Hint: The cylinder is rolling down an inclined plane therefore, it possesses both rotational and translatory motion. As its motion is in a plane, it will have forces acting along the x- axis as well as along the y-axis. Resolving the forces acting on it, we can form equations for it for rotational as well as translatory and use it to find the value of acceleration.

Formulas used:
$mg\sin \theta -F=ma$
$\alpha =\dfrac{a}{r}$
$Fr=I\alpha $

Complete step-by-step solution:

A cylinder is rolling without slipping on an inclined surface inclined at an angle $\theta $. The forces acting the cylinder will be-

From the given figure, we have,
$N=mg\cos \theta $ - (1)

The forces acting along the inclined are-
$mg\sin \theta -F=ma$
$\therefore F=mg\sin \theta -ma$ - (2)

For the condition of rolling without slipping, the velocity at the point in contact with the surface must be equal to the velocity of the centre of mass.
$\begin{align}
  & {{v}_{cm}}={{v}_{\tau }} \\
 & \therefore v={{v}_{\tau }} \\
\end{align}$
Here,${{v}_{cm}}$ is the velocity of the centre of mass
${{v}_{\tau }}$ is the velocity of point P.

Therefore,
$\omega =\dfrac{v}{r}$, $\omega $ is the angular velocity
Similarly,
$\alpha =\dfrac{a}{r}$
Here,
$\alpha $ is the angular acceleration
$a$ is the linear acceleration
$r$ is distance from the axis of rotation.

For its angular motion,
$\tau =I\alpha $
Here,
$\tau $ is the torque
$I$ is the moment of inertia
$\therefore Fr=I\alpha $

We substitute the value of $F$ from eq (2) to get,
$\begin{align}
  & (mg\sin \theta -ma)r=\dfrac{1}{2}m{{r}^{2}}\times \dfrac{a}{r} \\
 & \Rightarrow mgr\sin \theta -mar=\dfrac{mar}{2} \\
 & \Rightarrow mgr\sin \theta =\dfrac{3}{2}mar \\
 & \therefore a=\dfrac{2}{3}g\sin \theta \\
\end{align}$
Therefore, the acceleration of the solid cylinder when rolling without slipping is $\dfrac{2}{3}g\sin \theta $.

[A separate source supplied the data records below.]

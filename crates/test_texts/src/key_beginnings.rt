//! Beginnings of keys that a `KeyWriter` writes.

use crate::cases::{points_and_key, same_bytes, text_of};
use crate::samples::{Check, over_both};
use crate::written_keys::{DATA, TABLE};
use std::alloc::Global;
use std::test::Fail;
use test_kit::holds;
use uca_key::KeyWriter;
use uca_match::{Collator, Lookup};
use uca_text::TextFault;
use uca_weights::Weighting::{NonIgnorable, Shifted};
use uca_weights::{Depth, Numbers, Settings, Weighting};

/// Texts and the first sixteen bytes of their keys under each weighting, or all bytes of a shorter key. There are texts with
/// fewer than eight weights at level 1, with eight, and with more. A contraction, a mark or a letter with a class is at the
/// eighth weight, and variable elements are before it.
const CASES: &str = r" | 0000 0000 | 0000 0000 0000
0061 | 1C47 0000 0020 0000 0002 | 1C47 0000 0020 0000 0002 0000 FFFF
0061 0063 | 1C47 1C7A 0000 0020 0020 0000 0002 0002 | 1C47 1C7A 0000 0020 0020 0000 0002 0002
0063 0063 0063 0063 0063 0063 0061 | 1C7A 1C7A 1C7A 1C7A 1C7A 1C7A 1C47 0000 | 1C7A 1C7A 1C7A 1C7A 1C7A 1C7A 1C47 0000
0063 0063 0063 0063 0063 0063 0063 0061 | 1C7A 1C7A 1C7A 1C7A 1C7A 1C7A 1C7A 1C47 | 1C7A 1C7A 1C7A 1C7A 1C7A 1C7A 1C7A 1C47
0063 0063 0063 0063 0063 0063 0063 0061 0062 | 1C7A 1C7A 1C7A 1C7A 1C7A 1C7A 1C7A 1C50 | 1C7A 1C7A 1C7A 1C7A 1C7A 1C7A 1C7A 1C50
0063 0063 0063 0063 0063 0063 0063 0061 0062 0063 | 1C7A 1C7A 1C7A 1C7A 1C7A 1C7A 1C7A 1C50 | 1C7A 1C7A 1C7A 1C7A 1C7A 1C7A 1C7A 1C50
0063 0063 0063 0063 0063 0063 0063 0063 0301 0061 | 1C7A 1C7A 1C7A 1C7A 1C7A 1C7A 1C7A 1C80 | 1C7A 1C7A 1C7A 1C7A 1C7A 1C7A 1C7A 1C80
0063 0063 0063 0063 0063 0063 0063 0064 0301 | 1C7A 1C7A 1C7A 1C7A 1C7A 1C7A 1C80 1C8F | 1C7A 1C7A 1C7A 1C7A 1C7A 1C7A 1C80 1C8F
AC00 AC00 0061 0301 | FBC0 9100 FBC0 9161 FBC0 9100 FBC0 9161 | FBC0 9100 FBC0 9161 FBC0 9100 FBC0 9161
0020 0061 0020 0063 0061 0063 0061 0063 0061 0063 | 0209 1C47 0209 1C7A 1C47 1C7A 1C47 1C7A | 1C47 1C7A 1C47 1C7A 1C47 1C7A 1C47 1C7A
0020 0301 0061 0020 0063 0061 0063 0061 0063 0061 | 0209 1C47 0209 1C7A 1C47 1C7A 1C47 1C7A | 1C47 1C7A 1C47 1C7A 1C47 1C7A 1C47 0000
0061 0063 0061 0063 0061 0063 0061 0063 0061 0063 | 1C47 1C7A 1C47 1C7A 1C47 1C7A 1C47 1C7A | 1C47 1C7A 1C47 1C7A 1C47 1C7A 1C47 1C7A";

/// Texts and the first sixteen bytes of their keys with an identical level, under each weighting.
const IDENTICAL: &str = r" | 0000 0000 0000 | 0000 0000 0000 0000
0061 | 1C47 0000 0020 0000 0002 0000 0000 61 | 1C47 0000 0020 0000 0002 0000 FFFF 0000
0061 0063 | 1C47 1C7A 0000 0020 0020 0000 0002 0002 | 1C47 1C7A 0000 0020 0020 0000 0002 0002
0063 0063 0063 0063 0063 0063 0063 0061 0062 | 1C7A 1C7A 1C7A 1C7A 1C7A 1C7A 1C7A 1C50 | 1C7A 1C7A 1C7A 1C7A 1C7A 1C7A 1C7A 1C50
0020 0061 0020 0063 0061 0063 0061 0063 0061 0063 | 0209 1C47 0209 1C7A 1C47 1C7A 1C47 1C7A | 1C47 1C7A 1C47 1C7A 1C47 1C7A 1C47 1C7A";

/// The first sixteen bytes, or all.
fn beginning(key: &[u8]) -> &[u8] {
    &key[..key.len().min(16)]
}

fn check_case<L: Lookup>(
    alloc: Global,
    writer: &mut KeyWriter<L>,
    weighting: Weighting,
    case: &str,
) -> Result<(), Fail> {
    let (points, wanted) = points_and_key(weighting, case)?;
    let text = text_of(alloc, points)?;
    writer.write_beginning(&text)?;
    same_bytes(alloc, beginning(writer.bytes()), wanted, case)
}

fn check_cases<L: Lookup>(
    alloc: Global,
    collator: &Collator<L>,
    depth: Depth,
    cases: &str,
) -> Result<(), Fail> {
    for weighting in [NonIgnorable, Shifted] {
        check_settings(
            alloc,
            collator,
            Settings {
                weighting,
                depth,
                numbers: Numbers::AsText,
            },
            cases,
        )?;
    }
    Ok(())
}

fn check_settings<L: Lookup>(
    alloc: Global,
    collator: &Collator<L>,
    settings: Settings,
    cases: &str,
) -> Result<(), Fail> {
    let mut writer = KeyWriter::new(alloc, alloc, *collator, settings);
    let checked = check_lines(alloc, &mut writer, settings.weighting, cases);
    drop(writer);
    checked
}

fn check_lines<L: Lookup>(
    alloc: Global,
    writer: &mut KeyWriter<L>,
    weighting: Weighting,
    cases: &str,
) -> Result<(), Fail> {
    for case in cases.lines() {
        check_case(alloc, writer, weighting, case)?;
    }
    Ok(())
}

/// Cases of texts and the beginnings of their keys.
struct Cases;

impl Check for Cases {
    fn check<L: Lookup>(&self, alloc: Global, collator: &Collator<L>) -> Result<(), Fail> {
        check_cases(alloc, collator, Depth::Weights, CASES)?;
        check_cases(alloc, collator, Depth::Identical, IDENTICAL)
    }
}

#[test]
fn beginnings_one_after_another(rt: HostRuntime) -> Result<(), Fail> {
    over_both(rt.alloc(), TABLE, DATA, &Cases)
}

/// Ten letters, so many accents, and a letter.
fn with_accents(alloc: Global, accents: u8) -> Result<String, Fail> {
    let mut text = String::from_str(alloc, "aaaaaaaaaa")?;
    for _ in 0..accents {
        text.push('\u{301}')?;
    }
    text.push('c')?;
    Ok(text)
}

/// So many letters.
fn letters(alloc: Global, count: u32) -> Result<String, Fail> {
    let mut text = String::new(alloc);
    for _ in 0..count {
        text.push('a')?;
    }
    Ok(text)
}

/// What is written of a text that begins with eight letters.
fn check_letters<L: Lookup>(
    alloc: Global,
    writer: &mut KeyWriter<L>,
    text: &str,
) -> Result<(), Fail> {
    writer.write_beginning(text)?;
    same_bytes(
        alloc,
        beginning(writer.bytes()),
        "1C47 1C47 1C47 1C47 1C47 1C47 1C47 1C47",
        "a text that begins with eight letters",
    )
}

/// What comes after the beginning of a key is judged too, and a text of more than 524,288 bytes has one.
struct Longer;

fn check_accents<L: Lookup>(
    alloc: Global,
    writer: &mut KeyWriter<L>,
    count: u8,
) -> Result<(), Fail> {
    let text = with_accents(alloc, count)?;
    check_letters(alloc, writer, &text)
}

fn check_count<L: Lookup>(
    alloc: Global,
    writer: &mut KeyWriter<L>,
    count: u32,
) -> Result<(), Fail> {
    let text = letters(alloc, count)?;
    check_letters(alloc, writer, &text)
}

fn check_long_run<L: Lookup>(alloc: Global, writer: &mut KeyWriter<L>) -> Result<(), Fail> {
    let text = with_accents(alloc, 65)?;
    holds(
        writer.write_beginning(&text) == Err(TextFault::LongRun(10)),
        "a run of 65 marks after the beginning",
    )
}

fn check_longer<L: Lookup>(alloc: Global, writer: &mut KeyWriter<L>) -> Result<(), Fail> {
    check_long_run(alloc, writer)?;
    check_accents(alloc, writer, 60)?;
    check_accents(alloc, writer, 64)?;
    check_count(alloc, writer, 1_000)?;
    check_count(alloc, writer, 524_289)
}

impl Check for Longer {
    fn check<L: Lookup>(&self, alloc: Global, collator: &Collator<L>) -> Result<(), Fail> {
        let settings = Settings {
            weighting: NonIgnorable,
            depth: Depth::Weights,
            numbers: Numbers::AsText,
        };
        let mut writer = KeyWriter::new(alloc, alloc, *collator, settings);
        let checked = check_longer(alloc, &mut writer);
        drop(writer);
        checked
    }
}

#[test]
fn what_comes_after_a_beginning(rt: HostRuntime) -> Result<(), Fail> {
    over_both(rt.alloc(), TABLE, DATA, &Longer)
}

Therefore, the correct option is (B).

Note:
The linear velocity at point P is tangential to the motion of the cylinder. For the cylinder to roll without slipping, the total velocity of point P must be zero. ${{v}_{cm}}$and${{v}_{\tau }}$ are in opposite directions. The normal reaction is the force acting between two surfaces which prevent them from passing through each other.